Please work out how many lines in the data below contain "AreAnewBetween", and reply with that number alone.

---------- Dataset ----------

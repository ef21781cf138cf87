//! The bytes of places, row after row of one width, kept by what changes.

ghost use Rattle.std.specs.Prelude.{◌≡◌, ◌⊎◌, ℕ, ◌+◌, ◌-◌, ◌*◌, ◌/◌, ◌%◌, ◌<◌, ◌≤◌, ◌^◌, [], true, false, IfOk};
ghost use Rattle.std.specs.Prelude.{OnErr, OnOk, length, replicate, slice_index_or, vec_capacity, vec_len};
ghost use Rattle.wave_bytes.specs.Anew.{anew_number, nth_anew};
ghost use Rattle.wave_bytes.specs.Rows.{AreAgain, AreAnewBetween, AreCopiedAgain, AreRoots, HasRoom, IsFrontOf};
ghost use Rattle.wave_bytes.specs.Rows.{IsCopyNext, IsOwnNext, IsRowStretch, and_again, and_byte, byte_by};
ghost use Rattle.wave_bytes.specs.Rows.{copied_next, is_again_by, nth_root};
ghost use Rattle.wave_bytes.specs.Track.{with_noted};

use crate::anew::Anew;
use crate::byte::{copied_byte, repeated_byte};
use crate::front::Front;
use crate::track::Track;
use base_lists::Memory;
use std::alloc::Global;
use std::marker::Model;

/// A byte for each place. One that is that of its position a row before, written again, isn't kept, and a position that
/// copies another one has the entries of that. Contracts see what each position copies, and the list of all bytes.
#[derive(Debug, Drop)]
pub struct Rows {
    width: usize,
    steps: usize,
    count: usize,
    /// Where the next place stands.
    front: Front,
    /// What each position copies: itself, where it copies none.
    roots: Vec<u32>,
    tracks: Vec<Track>,
    /// The places that are written anew, in place order.
    log: Vec<Anew>,
}

impl Model for Rows {
    ghost use Rattle.wave_bytes.specs.Rows.{AreNoted, AreRows, RowsView, rows_of};

    ghost Value = { RowsView };

    ghost view = { λ r. rows_of r.width r.steps r.roots.items r.tracks.items r.count };

    ghost invariant = { λ r. record {
      rows : AreRows r.width r.steps r.count r.front r.roots.items r.tracks.items;
      noted : AreNoted r.width r.count r.roots.items r.tracks.items r.log.items;
    } };
}

impl Rows {
    /// None yet, of rows with so many positions, with room for so many rows. Takes 32 bytes for each position.
    pub fn new(alloc: Global, roots: Vec<u32>, steps: usize) -> Result<Rows, Memory>
        requires roots { AreRoots (length roots.items) roots.items }
        requires narrow { length roots.items ≤ 2 ^ 32 }
        requires few { steps ≤ 2 ^ 32 }
        requires small { steps * length roots.items ≤ 2 ^ 40 }
        ensures { IfOk result (λ rows. rows ≡
            record { width = length roots.items; steps = steps; roots = roots.items; bytes = [] }) }
    {
        let width = roots.as_slice().len();
        let tracks = empty_tracks(alloc, width)?;
        let front = Front {
            step: 0,
            position: 0,
        };
        Ok(Rows {
            width,
            steps,
            count: 0,
            front,
            roots,
            tracks,
            log: Vec::new(alloc),
        })
    }

    /// How many places there are.
    pub fn count(&self) -> usize
        ensures { result ≡ length self.now.bytes }
    {
        self.count
    }

    /// The byte of the place of a number: quick for one of the last two rows, else by a binary search of its position's
    /// bytes.
    pub fn byte(&self, number: usize) -> u8
        requires { number < length self.now.bytes }
        ensures { result ≡ slice_index_or self.now.bytes number 0 }
    {
        let place = front_of(number, self.count, self.front, self.width);
        let root = root_of(self.roots.as_slice(), place.position);
        byte_in(self.tracks.as_slice(), place, root)
    }

    /// Whether the position of the next place copies another one.
    pub fn is_copy(&self) -> bool
        requires { HasRoom self.now 1 }
        ensures own { result ≡ false → IsOwnNext self.now }
        ensures copy { result ≡ true → IsCopyNext self.now }
    {
        root_of(self.roots.as_slice(), self.front.position) != self.front.position
    }

    /// The first place from a number on that is written anew, or the end: each place between has the byte of its
    /// position a row before, written again. Costs a binary search.
    pub fn anew_from(&self, number: usize, end: usize) -> usize
        requires number { number ≤ end }
        requires end { end ≤ length self.now.bytes }
        ensures from { number ≤ result }
        ensures within { result ≤ end }
        ensures again { AreAgain self.now number result }
    {
        let count = count_below(self.log.as_slice(), number);
        noted_or(self.log.as_slice(), count, end)
    }

    /// The places from a number on, below an end, that are written anew. Costs two binary searches.
    pub fn anew_between(&self, number: usize, end: usize) -> &[Anew]
        requires number { number ≤ end }
        requires end { end ≤ length self.now.bytes }
        ensures { AreAnewBetween self.now number end result.now }
    {
        let first = count_below(self.log.as_slice(), number);
        let last = count_below(self.log.as_slice(), end);
        &self.log[first..last]
    }

    /// Appends the byte of a place whose position copies nothing. Takes 16 to 32 bytes where it is written anew, as
    /// each of the first row is.
    pub fn push(&mut self, byte: u8) -> Result<(), Memory>
        requires room { HasRoom self.old 1 }
        requires own { IsOwnNext self.old }
        ensures ok { OnOk result (self.new ≡ and_byte self.old byte) }
        ensures err { OnErr result (self.new ≡ self.old) }
    {
        let front = front_past(self.front, self.width, 1);
        let front_now = self.front;
        let again = self.tracks[front_now.position].is_again(front_now.step, byte);
        let place = Anew::new(self.count, byte);
        self.log.reserve(1)?;
        self.tracks[front_now.position].put(front_now.step, byte, again)?;
        note(&mut self.log, place, again);
        self.front = front;
        self.count += 1;
        Ok(())
    }

    /// Appends the byte of a place whose position copies another one. Takes 8 to 16 bytes where it is written anew.
    pub fn push_copy(&mut self) -> Result<(), Memory>
        requires room { HasRoom self.old 1 }
        requires copy { IsCopyNext self.old }
        ensures ok { OnOk result (self.new ≡ and_byte self.old (copied_next self.old)) }
        ensures err { OnErr result (self.new ≡ self.old) }
    {
        let front = front_past(self.front, self.width, 1);
        let root = root_of(self.roots.as_slice(), self.front.position);
        let byte = byte_in(self.tracks.as_slice(), self.front, root);
        let again = is_again_in(self.tracks.as_slice(), self.front, root, byte);
        let place = Anew::new(self.count, byte);
        self.log.reserve(1)?;
        note(&mut self.log, place, again);
        self.front = front;
        self.count += 1;
        Ok(())
    }

    /// Appends the bytes of so many places of one row, each that of its position a row before, written again. Takes no
    /// time and no memory.
    pub fn repeat(&mut self, many: usize)
        requires stretch { IsRowStretch self.old many }
        requires copied { AreCopiedAgain self.old many }
        ensures { self.new ≡ and_again self.old many }
    {
        self.front = front_past(self.front, self.width, many);
        self.count += many;
    }
}

/// What a position copies.
fn root_of(roots: &[u32], position: usize) -> usize
    requires { position < length roots.now }
    ensures { result ≡ nth_root roots.now position }
{
    roots[position] as usize
}

/// The byte at a position of a step, given what the position copies.
fn byte_in(tracks: &[Track], place: Front, root: usize) -> u8
    requires { root < length tracks.now }
    ensures { result ≡ byte_by tracks.now place.position root place.step }
{
    let byte = tracks[root].byte_at(place.step);
    if root == place.position {
        byte
    } else {
        copied_byte(byte)
    }
}

/// Whether it is the one a step before, written again.
fn is_again_in(tracks: &[Track], place: Front, root: usize, byte: u8) -> bool
    requires { root < length tracks.now }
    ensures { result ≡ is_again_by tracks.now place.position root place.step byte }
{
    if place.step == 0 {
        return false;
    }
    let back = Front {
        step: place.step - 1,
        position: place.position,
    };
    byte == repeated_byte(byte_in(tracks, back, root))
}

fn empty_tracks(alloc: Global, width: usize) -> Result<Vec<Track>, Memory>
    ensures { IfOk result (λ tracks. tracks.items ≡ replicate width []) }
{
    let mut tracks = Vec::with_capacity(alloc, width)?;
    'positions: for _ in 0..width {
        tracks.push(Track::new(alloc))?;
    }
    Ok(tracks)
}

/// Appends a place, unless it is written again.
fn note(log: &mut Vec<Anew>, place: Anew, again: bool)
    requires { vec_len log.old < vec_capacity log.old }
    ensures { log.new.items ≡ with_noted log.old.items place again }
{
    if !again {
        log.push_reserved(place);
    }
}

/// How many of places with rising numbers are below a number.
fn count_below(log: &[Anew], number: usize) -> usize
    ensures within { result ≤ length log.now }
    ensures last { 0 < result → anew_number (nth_anew log.now (result - 1)) < number }
    ensures next { result < length log.now → number ≤ anew_number (nth_anew log.now result) }
{
    let mut low = 0;
    let mut high = log.len();
    'halves: while low < high {
        let middle = low + (high - low) / 2;
        if log[middle].number() < number {
            low = middle + 1;
        } else {
            high = middle;
        }
    }
    low
}

/// The number at a place of the log, where there is one below the end, else the end.
fn noted_or(log: &[Anew], at: usize, end: usize) -> usize
    ensures within { result ≤ end }
    ensures here { at < length log.now → result ≤ anew_number (nth_anew log.now at) }
    ensures from { (at < length log.now × result ≡ anew_number (nth_anew log.now at)) ⊎ result ≡ end }
{
    if at < log.len() && log[at].number() < end {
        log[at].number()
    } else {
        end
    }
}

/// Where so many places past the next one stand.
fn front_past(front: Front, width: usize, many: usize) -> Front
    requires narrow { width ≤ 2 ^ 32 }
    requires few { front.step ≤ 2 ^ 32 }
    requires inside { front.position ≤ width - 1 }
    requires one_row { front.position + many ≤ width }
    ensures front { IsFrontOf width (front.step * width + front.position + many) result }
    ensures step { result.step ≤ front.step + many }
{
    if many == 0 {
        return front;
    }
    let position = front.position + many;
    if position < width {
        Front {
            step: front.step,
            position,
        }
    } else {
        Front {
            step: front.step + 1,
            position: 0,
        }
    }
}

/// Where the place of a number stands, given how many places there are and where the next one stands: without a
/// division where it is of the last two rows.
fn front_of(number: usize, count: usize, front: Front, width: usize) -> Front
    requires front { IsFrontOf width count front }
    requires number { number < count }
    ensures step { result.step ≡ number / width }
    ensures position { result.position ≡ number % width }
{
    let start = count - front.position;
    if number >= start {
        Front {
            step: front.step,
            position: number - start,
        }
    } else if start - number <= width {
        Front {
            step: front.step - 1,
            position: width - (start - number),
        }
    } else {
        Front {
            step: number / width,
            position: number % width,
        }
    }
}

----------

_Answer for this exercise_
2